# New Roof done by a Roofer -Problems/wavy



## Clutchcargo (Mar 31, 2007)

I'm not a roofer but there appears to be many problems with the roof. Both gable and eve sides get drip edges and you should not see any exposed structural wood. The fact that it's been a few weeks now and the roof still has not laid down could mean that the felt is wavy.
As far as the valley, I don't think manufacturers allow weaving architectural shingles. If anything the valley gets too bulky. The gutters are half, if not full, assed too.
What part of the country are you in? Does it snow?

Edit: with that much unsupported overhang, the shingles will curl down towards the gutters as well.


----------



## middle (Oct 22, 2011)

I live in Oregon where it rains a lot, but we don't get a lot of snow. There was no rain/snow barrier put down, but since we don't get much snow I would assume that's okay. As for the shingle overhang, it's already curling into the gutters -I don't know if they were trying to compensate or fcover rotten plywood edges or what. Actually the valley weave overall looks satisfactory, but don't care for it and there are some areas where the shingles buckle up near the middle of the valley; the bottom corner of the valley does looks awkward and lifts up because the weave I guess doesn't allow it to come down to the corner (plus the overhang doesn't help). 

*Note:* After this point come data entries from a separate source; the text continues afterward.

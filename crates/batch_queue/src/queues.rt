//! The queue of changes, in the order in which they were asked for.
ghost use Rattle.std.specs.Prelude.{◌≡◌, ◌≤◌, [], ◌∷◌, ◌++◌, length, OnOk, OnErr};
ghost use Rattle.group_terms.specs.Changes.{is_pending, leavers, joiners};
ghost use Rattle.batch_queue.specs.Answers.{answer_to_change};

use crate::QueueRefusal;
use group_terms::{Batch, Change, MOST_CHANGES, MemberName};
use std::marker::Model;

/// The changes that wait for the next batch, in the order in which they were asked for; at most 32, and one for each member. It takes no memory.
#[derive(Drop)]
pub struct Queue {
    batch: Batch,
}

impl Model for Queue {
    ghost use Rattle.std.specs.Prelude.{List};
    ghost use Rattle.group_terms.specs.declared.changes.Change.{Change};

    ghost Value = { List Change };

    ghost view = { λ queue. queue.batch };
}

impl Queue {
    /// No change.
    pub fn new() -> Self
        ensures { result ≡ [] }
    {
        Queue {
            batch: Batch::new(),
        }
    }

    /// Puts a change at the end.
    ///
    /// `AlreadyPending` exactly where a change of the same member is pending, else `BatchFull` exactly where 32 changes are.
    pub fn add(&mut self, change: Change) -> Result<(), QueueRefusal>
        ensures answer { result ≡ answer_to_change self.old change }
        ensures ok { OnOk result (self.new ≡ self.old ++ change ∷ []) }
        ensures err { OnErr result (self.new ≡ self.old) }
    {
        if self.batch.has(change.member()) {
            return Err(QueueRefusal::AlreadyPending);
        }
        let pending = self.batch.changes().len();
        if pending >= MOST_CHANGES {
            return Err(QueueRefusal::BatchFull {
                pending: pending as u32,
            });
        }
        self.batch.push(change);
        Ok(())
    }

    /// Whether a change of a member is pending.
    pub fn has(&self, member: &MemberName) -> bool
        ensures { result ≡ is_pending self.now member.now }
    {
        self.batch.has(member)
    }

    /// How many changes let somebody in.
    pub fn joins(&self) -> usize
        ensures count { result ≡ length (joiners self.now) }
        ensures few { result ≤ MOST_CHANGES }
    {
        self.batch.joins()
    }

    /// How many changes take a member out.
    pub fn leaves(&self) -> usize
        ensures count { result ≡ length (leavers self.now) }
        ensures few { result ≤ MOST_CHANGES }
    {
        self.batch.leaves()
    }

    /// The changes as the next batch.
    pub fn batch(&self) -> &Batch
        ensures { result.now ≡ self.now }
    {
        &self.batch
    }

    /// Takes all changes off, once a batch was made of them.
    pub fn clear(&mut self)
        ensures { self.new ≡ [] }
    {
        self.batch = Batch::new();
    }
}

Main concerns are if a drip edge is standard or at least a gutter that goes under the shingles slightly so there's no exposed wood, the rot, and the buckling on the edges. Another thing I noticed is that some shingles only got 2 nails, some a few more; I don't know what's standard but it seems like there should be more. Just trying to figure it out and what to tell the roofer.


----------



## bobelectric (Mar 3, 2007)

Went Cheap...


----------



## rossfingal (Mar 20, 2011)

First two pictures -
Ragged cut on the edge of the roof, going up the gable/rake -
Looks like over-lapped shingles, instead of butted -
(not "catastrophic" - doesn't look good)
Too much space between the top of the gutter and the roof.
No drip edge - wrong!
Looks like no "starters" on the gables.
1 1/2 to 2 1/2 inches of shingles into the gutters - too much.
Picture 5 -
Full-wove valley, with "Arch." shingles - not a good idea! -
(Lots of fun to correct!)
Gutters not run far enough into the inside corner -
"Butcher" job on the inside corner!
For a full-wove, valley - looks like it wasn't started correctly.
Your last picture -
Looks like the bottom of valley is wrong -
I can see the top of the rake board!
The roof might not leak - who knows!
Not a good job on the roof and gutters!
2 nails per shingle - no warranty by the manufacturer -
Should be 4 nails (for the pitch of your roof).
I bet there's no "Ice and Water Shield" in the valleys?!
Sorry to be the "bearer of bad tidings"! 
Ouch!!

rossfingal

Also - first 2 pics - looks like the gutters are not run far enough past the edge of the roof.


----------



## Slyfox (Jun 13, 2008)

I agree with most of what rossfingal posted and I would start pushing the issue with your contractor on resolving these issues.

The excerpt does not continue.